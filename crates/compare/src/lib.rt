// Runs that keep no trace, but tell whether it is one that is known.
#![tactic(auto)]

pub mod narrow;
pub mod pieces;
pub mod spare;
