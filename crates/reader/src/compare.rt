// Whether rows are a table that hardens to given bytes.
ghost use Rattle.std.specs.Prelude.{◌≡◌, ◌&&◌};
ghost use Rattle.rules.specs.Bytes.{same};
ghost use Rattle.rules.specs.Refusal.{is_accepted};
ghost use Rattle.rules.specs.Check.{verdict_of};
ghost use Rattle.rules.specs.Harden.{hardened_bytes};

use table::check;
use table::links::TableLinks;

pub fn hardens_to(rows: &[u8], lines: &[u8]) -> bool
    ensures { result ≡ is_accepted (verdict_of rows.now) && same (hardened_bytes rows.now) lines.now }
{
    let mut links = TableLinks::new();
    match check::check(rows, &mut links) {
        Err(_) => false,
        Ok(()) => hardener::hardens_to_lines(
            rows,
            &links.rows.ends,
            &links.rows.elses,
            &links.heads,
            lines,
        ),
    }
}
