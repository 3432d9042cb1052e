// Whether a row's fields are as its kind uses them (cause 3).
ghost use Rattle.std.specs.Prelude.{◌≡◌};
ghost use Rattle.rules.specs.Row.{fields_fit_lem, is_unused, is_variable, uses_none_lem, uses_number_lem, uses_variable_lem, uses_function_lem, do_uses_lem, test_uses_lem};
ghost use Rattle.rules.specs.Given.{uses_switch_lem};

use rules::kind::Kind;
use rules::limits::VARIABLES;
use rules::operands::Operands;

fn unused(x: u8) -> bool
    ensures { result ≡ is_unused x }
{
    x == 0
}

fn variable(x: u8) -> bool
    ensures { result ≡ is_variable x }
{
    usize::from(x) < VARIABLES
}

fn uses_none(o: Operands) -> bool
    ensures { result ≡ uses_none_lem o }
{
    unused(o.op) && unused(o.p) && unused(o.q) && o.n == 0
}

fn uses_number(o: Operands) -> bool
    ensures { result ≡ uses_number_lem o }
{
    variable(o.p) && unused(o.q)
}

fn uses_variable(o: Operands) -> bool
    ensures { result ≡ uses_variable_lem o }
{
    variable(o.p) && variable(o.q) && o.n == 0
}

fn uses_function(o: Operands) -> bool
    ensures { result ≡ uses_function_lem o }
{
    unused(o.op) && unused(o.p) && unused(o.q)
}

// The fields of a switch (02, No. 1).
pub fn uses_switch(o: Operands) -> bool
    ensures { result ≡ uses_switch_lem o }
{
    unused(o.op) && variable(o.p) && unused(o.q) && o.n == 0
}

// The fields of a do.
pub fn do_uses(o: Operands) -> bool
    ensures { result ≡ do_uses_lem o }
{
    match o.op {
        0 => uses_number(o),
        1..=3 => uses_variable(o),
        _ => false,
    }
}

// The fields of an if or a loop.
fn test_uses(o: Operands) -> bool
    ensures { result ≡ test_uses_lem o }
{
    match o.op {
        0 | 1 => uses_number(o),
        2 => uses_variable(o),
        _ => false,
    }
}

// The fields of a row of this kind.
#[tactic(auto, unfolding(rules::specs::Row::fields_fit_lem))]
pub fn fields_fit(kind: Kind, o: Operands) -> bool
    ensures { result ≡ fields_fit_lem kind o }
{
    match kind {
        Kind::Function | Kind::Else | Kind::End | Kind::Break | Kind::Continue => uses_none(o),
        Kind::Do => do_uses(o),
        Kind::If | Kind::Loop => test_uses(o),
        Kind::Call => uses_function(o),
        Kind::Unknown => false,
    }
}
===============
What to work on
Reproduce each line of the material exactly as given.

Output for this exercise
filename crates/compare/src/lib.rt
// Runs that keep no trace, but tell whether it is one that is known.
#![tactic(auto)]

pub mod narrow;
pub mod pieces;
pub mod spare;
filename crates/reader/src/compare.rt
// Whether rows are a table that hardens to given bytes.
ghost use Rattle.std.specs.Prelude.{◌≡◌, ◌&&◌};
ghost use Rattle.rules.specs.Bytes.{same};
ghost use Rattle.rules.specs.Refusal.{is_accepted};
ghost use Rattle.rules.specs.Check.{verdict_of};
ghost use Rattle.rules.specs.Harden.{hardened_bytes};

use table::check;
use table::links::TableLinks;

pub fn hardens_to(rows: &[u8], lines: &[u8]) -> bool
    ensures { result ≡ is_accepted (verdict_of rows.now) && same (hardened_bytes rows.now) lines.now }
{
    let mut links = TableLinks::new();
    match check::check(rows, &mut links) {
        Err(_) => false,
        Ok(()) => hardener::hardens_to_lines(
            rows,
            &links.rows.ends,
            &links.rows.elses,
            &links.heads,
            lines,
        ),
    }
}
repository 3432d9042cb1052e
// Whether a row's fields are as its kind uses them (cause 3).
ghost use Rattle.std.specs.Prelude.{◌≡◌};
ghost use Rattle.rules.specs.Row.{fields_fit_lem, is_unused, is_variable, uses_none_lem, uses_number_lem, uses_variable_lem, uses_function_lem, do_uses_lem, test_uses_lem};
ghost use Rattle.rules.specs.Given.{uses_switch_lem};

use rules::kind::Kind;
use rules::limits::VARIABLES;
use rules::operands::Operands;

fn unused(x: u8) -> bool
    ensures { result ≡ is_unused x }
{
    x == 0
}

fn variable(x: u8) -> bool
    ensures { result ≡ is_variable x }
{
    usize::from(x) < VARIABLES
}

fn uses_none(o: Operands) -> bool
    ensures { result ≡ uses_none_lem o }
{
    unused(o.op) && unused(o.p) && unused(o.q) && o.n == 0
}

fn uses_number(o: Operands) -> bool
    ensures { result ≡ uses_number_lem o }
{
    variable(o.p) && unused(o.q)
}

fn uses_variable(o: Operands) -> bool
    ensures { result ≡ uses_variable_lem o }
{
    variable(o.p) && variable(o.q) && o.n == 0
}

fn uses_function(o: Operands) -> bool
    ensures { result ≡ uses_function_lem o }
{
    unused(o.op) && unused(o.p) && unused(o.q)
}

// The fields of a switch (02, No. 1).
pub fn uses_switch(o: Operands) -> bool
    ensures { result ≡ uses_switch_lem o }
{
    unused(o.op) && variable(o.p) && unused(o.q) && o.n == 0
}

// The fields of a do.
pub fn do_uses(o: Operands) -> bool
    ensures { result ≡ do_uses_lem o }
{
    match o.op {
        0 => uses_number(o),
        1..=3 => uses_variable(o),
        _ => false,
    }
}

// The fields of an if or a loop.
fn test_uses(o: Operands) -> bool
    ensures { result ≡ test_uses_lem o }
{
    match o.op {
        0 | 1 => uses_number(o),
        2 => uses_variable(o),
        _ => false,
    }
}

// The fields of a row of this kind.
#[tactic(auto, unfolding(rules::specs::Row::fields_fit_lem))]
pub fn fields_fit(kind: Kind, o: Operands) -> bool
    ensures { result ≡ fields_fit_lem kind o }
{
    match kind {
        Kind::Function | Kind::Else | Kind::End | Kind::Break | Kind::Continue => uses_none(o),
        Kind::Do => do_uses(o),
        Kind::If | Kind::Loop => test_uses(o),
        Kind::Call => uses_function(o),
        Kind::Unknown => false,
    }
}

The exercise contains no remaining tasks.